(Collected data)

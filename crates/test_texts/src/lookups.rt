//! What lookups say of code points, over tables of a few rows and over one of many. A list of rows, a trie and a trie of packed rows
//! say the same.

use crate::samples::{packed_table_of, table_of};
use std::alloc::{AllocError, Global};
use std::test::Fail;
use test_kit::{code_point, halves, holds, same};
use uca_match::{Lookup, RowList, Trie, row_of};
use uca_values::Table;
use uca_weights::Element;

/// What a lookup says of some code points. `nothing`: no key begins with them. `beginning`: they are not a
/// key, but there is a node for them. The primary weight of the first element: they are a key.
fn said<L: Lookup>(alloc: Global, lookup: &L, points: &[char]) -> Result<String, AllocError> {
    let mut node = lookup.root();
    for point in points {
        match lookup.step(node, *point) {
            Some(next) => node = next,
            None => return String::from_str(alloc, "nothing"),
        }
    }
    match lookup.elements(node) {
        Some([first, ..]) => format!(in alloc; "{:04X}", first.primary),
        Some([]) => String::from_str(alloc, "a key without elements"),
        None => String::from_str(alloc, "beginning"),
    }
}

/// Some code points, each in hexadecimal digits.
pub fn points_of(alloc: Global, numbers: &str) -> Result<Vec<char>, Fail> {
    let mut points = Vec::new(alloc);
    for digits in numbers.split_whitespace() {
        points.push(code_point(digits)?)?;
    }
    Ok(points)
}

/// The elements of a row, if there is one: the primary weight of the first.
fn check_row(alloc: Global, row: Option<&[Element]>, wanted: &str, case: &str) -> Result<(), Fail> {
    match row {
        Some([first, ..]) => same(&format!(in alloc; "{:04X}", first.primary)?, wanted, case),
        _ => holds(wanted == "beginning" || wanted == "nothing", case),
    }
}

/// Some code points, and what the lookup says of them, step by step and at once.
fn check_case<L: Lookup>(alloc: Global, lookup: &L, case: &str) -> Result<(), Fail> {
    let (numbers, wanted) = halves(case)?;
    let points = points_of(alloc, numbers)?;
    same(&said(alloc, lookup, &points)?, wanted, case)?;
    check_row(alloc, row_of(lookup, &points), wanted, case)
}

/// Cases over a lookup.
fn check_lookup<L: Lookup>(alloc: Global, lookup: &L, cases: &str) -> Result<(), Fail> {
    for case in cases.lines() {
        check_case(alloc, lookup, case)?;
    }
    Ok(())
}

/// Cases over a trie of a table.
fn check_trie(alloc: Global, table: &Table, cases: &str) -> Result<(), Fail> {
    let trie = Trie::new(alloc, table)?;
    let checked = check_lookup(alloc, &trie, cases);
    drop(trie);
    checked
}

/// Cases over both lookups of a table.
fn check_both(alloc: Global, table: &Table, cases: &str) -> Result<(), Fail> {
    check_lookup(alloc, &RowList::new(table), cases)?;
    check_trie(alloc, table, cases)
}

/// Cases over a trie that takes over the rows of a table file.
fn check_packed(alloc: Global, file: &str, cases: &str) -> Result<(), Fail> {
    let (header, trie) = Trie::of_table(alloc, packed_table_of(alloc, file)?)?;
    drop(header);
    let checked = check_lookup(alloc, &trie, cases);
    drop(trie);
    checked
}

/// Cases over all lookups of a table file.
fn check(alloc: Global, file: &str, cases: &str) -> Result<(), Fail> {
    let table = table_of(alloc, file)?;
    let checked = check_both(alloc, &table, cases);
    drop(table);
    checked?;
    check_packed(alloc, file, cases)
}

/// A key of 16 code points.
const LONG_KEY: &str = "@version 1\n\
    0061 0062 0063 0064 0065 0066 0067 0068 0069 006A 006B 006C 006D 006E 006F 0070 ; [.0007.0020.0002]\n";

const LONG_KEY_CASES: &str = r" | beginning
0061 | beginning
0061 0062 | beginning
0061 0062 0063 | beginning
0061 0062 0063 0064 | beginning
0061 0062 0063 0064 0065 | beginning
0061 0062 0063 0064 0065 0066 | beginning
0061 0062 0063 0064 0065 0066 0067 | beginning
0061 0062 0063 0064 0065 0066 0067 0068 | beginning
0061 0062 0063 0064 0065 0066 0067 0068 0069 | beginning
0061 0062 0063 0064 0065 0066 0067 0068 0069 006A | beginning
0061 0062 0063 0064 0065 0066 0067 0068 0069 006A 006B | beginning
0061 0062 0063 0064 0065 0066 0067 0068 0069 006A 006B 006C | beginning
0061 0062 0063 0064 0065 0066 0067 0068 0069 006A 006B 006C 006D | beginning
0061 0062 0063 0064 0065 0066 0067 0068 0069 006A 006B 006C 006D 006E | beginning
0061 0062 0063 0064 0065 0066 0067 0068 0069 006A 006B 006C 006D 006E 006F | beginning
0061 0062 0063 0064 0065 0066 0067 0068 0069 006A 006B 006C 006D 006E 006F 0070 | 0007
0061 0062 0063 0064 0065 0066 0067 0068 0069 006A 006B 006C 006D 006E 006F 0070 0071 | nothing
0062 | nothing
0061 0063 | nothing";

/// A key that begins another, in both orders.
const SHORT_FIRST: &str = "@version 1\n\
    0061 ; [.0001.0020.0002]\n\
    0061 0062 ; [.0002.0020.0002]\n";

const LONG_FIRST: &str = "@version 1\n\
    0061 0062 ; [.0002.0020.0002]\n\
    0061 ; [.0001.0020.0002]\n";

const TWO_KEYS_CASES: &str = r" | beginning
0061 | 0001
0061 0062 | 0002
0062 | nothing";

const NO_KEYS: &str = "@version 1\n";

const NO_KEYS_CASES: &str = r" | beginning
0000 | nothing
0061 | nothing
10FFFF | nothing";

/// Letters on both sides of a limit. Below it a trie over them takes its first step by a list: seven of them
/// begin keys, so the list has the positions U+0000 to U+006F. One is not a key, but begins one.
const FIRST_STEPS: &str = "@version 1\n\
    4E00 33FF ; [.0001.0020.0002]\n\
    10FFFF ; [.0002.0020.0002]\n\
    3400 ; [.0003.0020.0002]\n\
    33FF 0061 ; [.0004.0020.0002]\n\
    0000 ; [.0005.0020.0002]\n\
    33FF ; [.0006.0020.0002]\n\
    10FFFF 10FFFF ; [.0007.0020.0002]\n\
    33FF 3400 ; [.0008.0020.0002]\n\
    3400 0061 ; [.0009.0020.0002]\n\
    0000 0000 ; [.000A.0020.0002]\n\
    4E00 3400 ; [.000B.0020.0002]\n\
    0070 ; [.000C.0020.0002]\n\
    006F ; [.000D.0020.0002]\n";

const FIRST_STEPS_CASES: &str = r" | beginning
0000 | 0005
0000 0000 | 000A
0000 0001 | nothing
0001 | nothing
33FE | nothing
33FF | 0006
33FF 0061 | 0004
33FF 33FF | nothing
33FF 3400 | 0008
3400 | 0003
3400 0061 | 0009
3400 3400 | nothing
3401 | nothing
4DFF | nothing
4E00 | beginning
4E00 0061 | nothing
4E00 33FF | 0001
4E00 3400 | 000B
4E01 | nothing
10FFFE | nothing
10FFFF | 0002
10FFFF 10FFFE | nothing
10FFFF 10FFFF | 0007
0061 | nothing
006E | nothing
006F | 000D
0070 | 000C
0071 | nothing";

#[test]
fn finds_keys_and_what_begins_them(rt: HostRuntime) -> Result<(), Fail> {
    let tables = [
        (LONG_KEY, LONG_KEY_CASES),
        (SHORT_FIRST, TWO_KEYS_CASES),
        (LONG_FIRST, TWO_KEYS_CASES),
        (NO_KEYS, NO_KEYS_CASES),
        (FIRST_STEPS, FIRST_STEPS_CASES),
    ];
    for (file, cases) in tables {
        check(rt.alloc(), file, cases)?;
    }
    Ok(())
}

/// A table file in the making, and its cases.
#[derive(Drop)]
struct Made {
    file: String,
    cases: String,
}

impl Made {
    fn new(alloc: Global) -> Result<Made, AllocError> {
        Ok(Made {
            file: String::from_str(alloc, "@version 1\n")?,
            cases: String::new(alloc),
        })
    }

    /// Adds a key that ends in the code point of this number. No key ends so in the next code point.
    fn add(&mut self, front: &str, code: u32, weight: u16) -> Result<(), AllocError> {
        let beside = code.saturating_add(1);
        write!(self.file, "{front}{code:04X} ; [.{weight:04X}.0020.0002]\n")?;
        write!(
            self.cases,
            "{front}{code:04X} | {weight:04X}\n{front}{beside:04X} | nothing\n"
        )
    }
}

#[test]
fn finds_each_of_many_followers(rt: HostRuntime) -> Result<(), Fail> {
    // Each number from 1 to 100 is one multiple modulo 101: in rising order, falling, and mixed.
    for factor in [1, 100, 37] {
        let mut made = Made::new(rt.alloc())?;
        for number in 1..=100u16 {
            let code = 0x4E00 + 3 * (factor * u32::from(number) % 101);
            made.add("0078 ", code, number)?;
        }
        made.cases.push_str("0078 | beginning\n")?;
        check(rt.alloc(), &made.file, &made.cases)?;
    }
    Ok(())
}

/// 30,000 letters: every other code point from U+0100 on, around the surrogates, in mixed order.
fn many_letters(alloc: Global) -> Result<Made, AllocError> {
    let mut made = Made::new(alloc)?;
    for number in 0..30_000u16 {
        let code = 0x100 + 2 * (7 * u32::from(number) % 30_011);
        let code = if code < 0xD800 { code } else { code + 0x800 };
        made.add("", code, number + 1)?;
    }
    Ok(made)
}

/// Cases over a trie alone: a list of so many rows takes long.
fn check_many(alloc: Global, made: &Made) -> Result<(), Fail> {
    let table = table_of(alloc, &made.file)?;
    let checked = check_trie(alloc, &table, &made.cases);
    drop(table);
    checked
}

#[test]
fn finds_each_of_many_letters(rt: HostRuntime) -> Result<(), Fail> {
    let made = many_letters(rt.alloc())?;
    check_many(rt.alloc(), &made)
}
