//! Rows that are kept in a few lists, one after another.

use crate::lookups::points_of;
use std::alloc::Global;
use std::test::Fail;
use test_kit::{halves, holds};
use uca_values::PackedRows;
use uca_weights::Element;

/// Elements with these primary weights, each in hexadecimal digits.
fn elements_of(alloc: Global, primaries: &str) -> Result<Vec<Element>, Fail> {
    let mut elements = Vec::new(alloc);
    for digits in primaries.split_whitespace() {
        elements.push(Element {
            primary: u16::from_str_radix(digits, 16)?,
            secondary: 0x20,
            tertiary: 2,
            mark: false,
        })?;
    }
    Ok(elements)
}

/// Adds rows: the code points of a key, and the primary weights of its elements.
fn push_rows(alloc: Global, rows: &mut PackedRows, cases: &[&str]) -> Result<(), Fail> {
    for case in cases {
        let (key, primaries) = halves(case)?;
        rows.push(&points_of(alloc, key)?, &elements_of(alloc, primaries)?)?;
    }
    Ok(())
}

/// Fails unless these are the rows.
fn check_rows(alloc: Global, rows: &PackedRows, cases: &[&str]) -> Result<(), Fail> {
    holds(rows.len() == cases.len(), "the number of rows")?;
    for (at, case) in cases.iter().enumerate() {
        let (key, primaries) = halves(case)?;
        let key = points_of(alloc, key)?;
        let elements = elements_of(alloc, primaries)?;
        holds(
            at < rows.len()
                && rows.key(at) == key.as_slice()
                && rows.elements(at) == elements.as_slice(),
            case,
        )?;
    }
    Ok(())
}

/// The first two rows, the last one, and all.
const FIRST: &[&str] = &["0061 | 0001", "0061 0062 0063 | 0002 0003"];

const LAST: &[&str] = &["0064 | 0004 0005 0006"];

const ALL: &[&str] = &[
    "0061 | 0001",
    "0061 0062 0063 | 0002 0003",
    "0064 | 0004 0005 0006",
];

fn check_all(alloc: Global, rows: &mut PackedRows) -> Result<(), Fail> {
    check_rows(alloc, rows, &[])?;
    push_rows(alloc, rows, ALL)?;
    check_rows(alloc, rows, ALL)?;
    rows.truncate(4);
    check_rows(alloc, rows, ALL)?;
    rows.truncate(2);
    check_rows(alloc, rows, FIRST)?;
    push_rows(alloc, rows, LAST)?;
    check_rows(alloc, rows, ALL)
}

#[test]
fn keeps_keys_and_elements_apart(rt: HostRuntime) -> Result<(), Fail> {
    let mut rows = PackedRows::new(rt.alloc());
    let checked = check_all(rt.alloc(), &mut rows);
    drop(rows);
    checked
}
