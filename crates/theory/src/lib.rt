// No code that runs: the bakery of source 002 for every number of processes, and the proof that its bounded form does on remainders what
// the unbounded one does.
#![tactic(auto)]
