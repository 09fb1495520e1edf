// Starting sets at random.
use made_books::Dice;
use propagate::ValueSets;

/// Sets of any values, of which most options have most; sometimes all values.
pub fn random_sets(dice: &mut Dice) -> ValueSets {
    let mut sets = [u32::MAX; 24];
    if dice.below(4) > 0 {
        for set in sets.iter_mut() {
            let some = (dice.below(8) | dice.below(8)) % 8;
            *set = 0xffff_fff0 | some as u32;
        }
    }
    ValueSets { sets }
}
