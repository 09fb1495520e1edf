// Asks on small books at random, each compared with what a look at every choice of values finds.
use crate::random::random_sets;
use ask::Answer;
use book::Book;
use forgetful::ForgetfulStore;
use made_books::{Dice, Plan, Told, has_fit, is_fit, put_to, raise, untouched};
use propagate::ValueSets;
use store::{BlankStore, RingStore, Slot, SlotStore, Store};

/// Trials for each store.
#[derive(Default, Drop)]
pub struct Trials {
    pub blank: usize,
    pub ring: usize,
    pub slots: usize,
    pub forgetful: usize,
}

impl Trials {
    fn add(&mut self, more: &Trials) {
        self.blank = self.blank.wrapping_add(more.blank);
        self.ring = self.ring.wrapping_add(more.ring);
        self.slots = self.slots.wrapping_add(more.slots);
        self.forgetful = self.forgetful.wrapping_add(more.forgetful);
    }
}

/// What came of the asks so far.
#[derive(Default, Drop)]
pub struct Tally {
    pub asks: usize,
    pub fits: usize,
    pub nones: usize,
    pub stops: usize,
    pub differences: usize,
    pub trials: Trials,
}

/// What is known of an ask before it is made.
#[derive(Clone, Copy)]
struct Known {
    sets: ValueSets,
    /// Whether there is a fit.
    fit: bool,
    /// How many trials it takes without memory.
    most: u32,
}

impl Tally {
    /// Counts an ask.
    fn note(&mut self, told: &Told) {
        raise(&mut self.asks);
        match told.answer {
            Answer::Fit => raise(&mut self.fits),
            Answer::None => raise(&mut self.nones),
            Answer::Stopped => raise(&mut self.stops),
        }
    }

    pub fn differ(&mut self) {
        raise(&mut self.differences);
    }
}

/// The stores with memory, which are kept over a series.
#[derive(Drop)]
struct Stores<'a> {
    ring: RingStore,
    slots: SlotStore<'a>,
    forgetful: ForgetfulStore,
}

/// The asks on a book, beside its plan.
#[derive(Drop)]
pub struct Series<'a> {
    pub book: &'a Book<'a>,
    pub plan: &'a Plan,
}

impl Series<'_> {
    /// Whether the places that were told are a fit, and the places behind it are untouched.
    fn fit_told(&self, known: &Known, places: &[u8; 24]) -> bool {
        let values = places.map(|place| place as usize);
        is_fit(self.plan, &known.sets, &values) && untouched(&places[self.plan.sizes.len()..])
    }

    /// Whether what was told is right.
    fn agrees(&self, known: &Known, budget: u32, told: &Told) -> bool {
        if told.count > known.most || told.count > budget {
            return false;
        }
        match told.answer {
            Answer::Fit => known.fit && self.fit_told(known, &told.fit),
            Answer::None => !known.fit && untouched(&told.fit),
            Answer::Stopped => budget < known.most && told.count == budget && untouched(&told.fit),
        }
    }

    /// One ask of one store, compared: how many trials it took.
    fn compare<S: Store>(
        &self,
        known: &Known,
        budget: u32,
        store: &mut S,
        tally: &mut Tally,
    ) -> usize {
        let Some(told) = put_to(self.book, &known.sets, store, budget) else {
            tally.differ();
            return 0;
        };
        tally.note(&told);
        if !self.agrees(known, budget, &told) {
            tally.differ();
        }
        told.count as usize
    }

    /// An ask of each store, compared.
    fn compare_all(&self, known: &Known, budget: u32, stores: &mut Stores, tally: &mut Tally) {
        let blank = self.compare(known, budget, &mut BlankStore, tally);
        let ring = self.compare(known, budget, &mut stores.ring, tally);
        let slots = self.compare(known, budget, &mut stores.slots, tally);
        let forgetful = self.compare(known, budget, &mut stores.forgetful, tally);
        tally.trials.add(&Trials {
            blank,
            ring,
            slots,
            forgetful,
        });
    }

    /// Some starting sets, with what is known of them.
    fn next_known(&self, dice: &mut Dice) -> Option<Known> {
        let sets = random_sets(dice);
        let told = put_to(self.book, &sets, &mut BlankStore, 1000000)?;
        Some(Known {
            sets,
            fit: has_fit(self.plan, &sets),
            most: told.count,
        })
    }

    /// Four starting sets, each asked for with a large budget and with a small one; each store is kept over all of them.
    pub fn run(&self, dice: &mut Dice, tally: &mut Tally) {
        let mut slots: [Slot; 4] = [None; 4];
        let mut stores = Stores {
            ring: RingStore::new(),
            slots: SlotStore::over(&mut slots),
            forgetful: ForgetfulStore::new(),
        };
        for _ in 0..4 {
            let Some(known) = self.next_known(dice) else {
                return tally.differ();
            };
            let small = (dice.below((known.most as usize).wrapping_add(2)) % 1000000) as u32;
            self.compare_all(&known, 1000000, &mut stores, tally);
            self.compare_all(&known, small, &mut stores, tally);
        }
    }
}
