// Asks whose answers are known.
use book::Book;
use made_books::show_ask;
use std::io;
use store::{BlankStore, RingStore, Slot, SlotStore};

/// Twice with one ring, then without memory and with budgets of 2 and 3.
pub fn budgets(rt: &HostRuntime, book: &Book) -> io::Result<()> {
    let mut ring = RingStore::new();
    show_ask(rt, "ring", book, &mut ring, 1000000)?;
    show_ask(rt, "ring again", book, &mut ring, 1000000)?;
    show_ask(rt, "blank, budget 2", book, &mut BlankStore, 2)?;
    show_ask(rt, "blank, budget 3", book, &mut BlankStore, 3)
}

/// Once with 256 slots.
pub fn slotted(rt: &HostRuntime, book: &Book, budget: u32) -> io::Result<()> {
    let mut slots: [Slot; 256] = [None; 256];
    let mut slot = SlotStore::over(&mut slots);
    show_ask(rt, "256 slots", book, &mut slot, budget)
}

/// Once with each store.
pub fn stores(rt: &HostRuntime, book: &Book) -> io::Result<()> {
    show_ask(rt, "blank", book, &mut BlankStore, 1000000)?;
    show_ask(rt, "ring", book, &mut RingStore::new(), 1000000)?;
    slotted(rt, book, 1000000)
}
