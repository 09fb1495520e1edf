// The file from which the programs read a book.
#![tactic(auto)]

ghost use Rattle.std.specs.Prelude.{◌≡◌, take, IfOk, IfSome};

use std::alloc::Global;
use std::fs::File;
use std::io;
use std::io::Read;

/// The first bytes that a reader gives. One byte more than a book may have is enough to refuse it.
pub fn first_bytes<R: Read + Drop>(alloc: Global, reader: R) -> io::Result<Vec<u8>>
    ensures { IfOk result (λ bytes. IfSome (R.remaining reader) (λ all. bytes.items ≡ take 32769 all)) }
{
    let mut bytes = Vec::new(alloc);
    reader.take(32769).read_to_end(&mut bytes)?;
    Ok(bytes)
}

/// The first bytes of book.bin; none where it cannot be opened or read. No clause can say what a file holds.
pub fn load(rt: &HostRuntime) -> Vec<u8> {
    let Ok(file) = File::open(rt, "book.bin") else {
        return Vec::new(rt.alloc());
    };
    match first_bytes(rt.alloc(), file) {
        Ok(bytes) => bytes,
        Err(_) => Vec::new(rt.alloc()),
    }
}

#[cfg(test)]
mod tests {
    use super::*;
    use std::test::Fail;

    #[test]
    fn all_bytes_of_a_short_file(rt: HostRuntime) -> Result<(), Fail> {
        let bytes = first_bytes(rt.alloc(), &b"book"[..])?;
        assert!(rt; bytes.as_slice() == b"book".as_slice());
        Ok(())
    }
}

→ Activity: From the records above, return each line where "budgets" occurs.

→ Output:
/// Twice with one ring, then without memory and with budgets of 2 and 3.
pub fn budgets(rt: &HostRuntime, book: &Book) -> io::Result<()> {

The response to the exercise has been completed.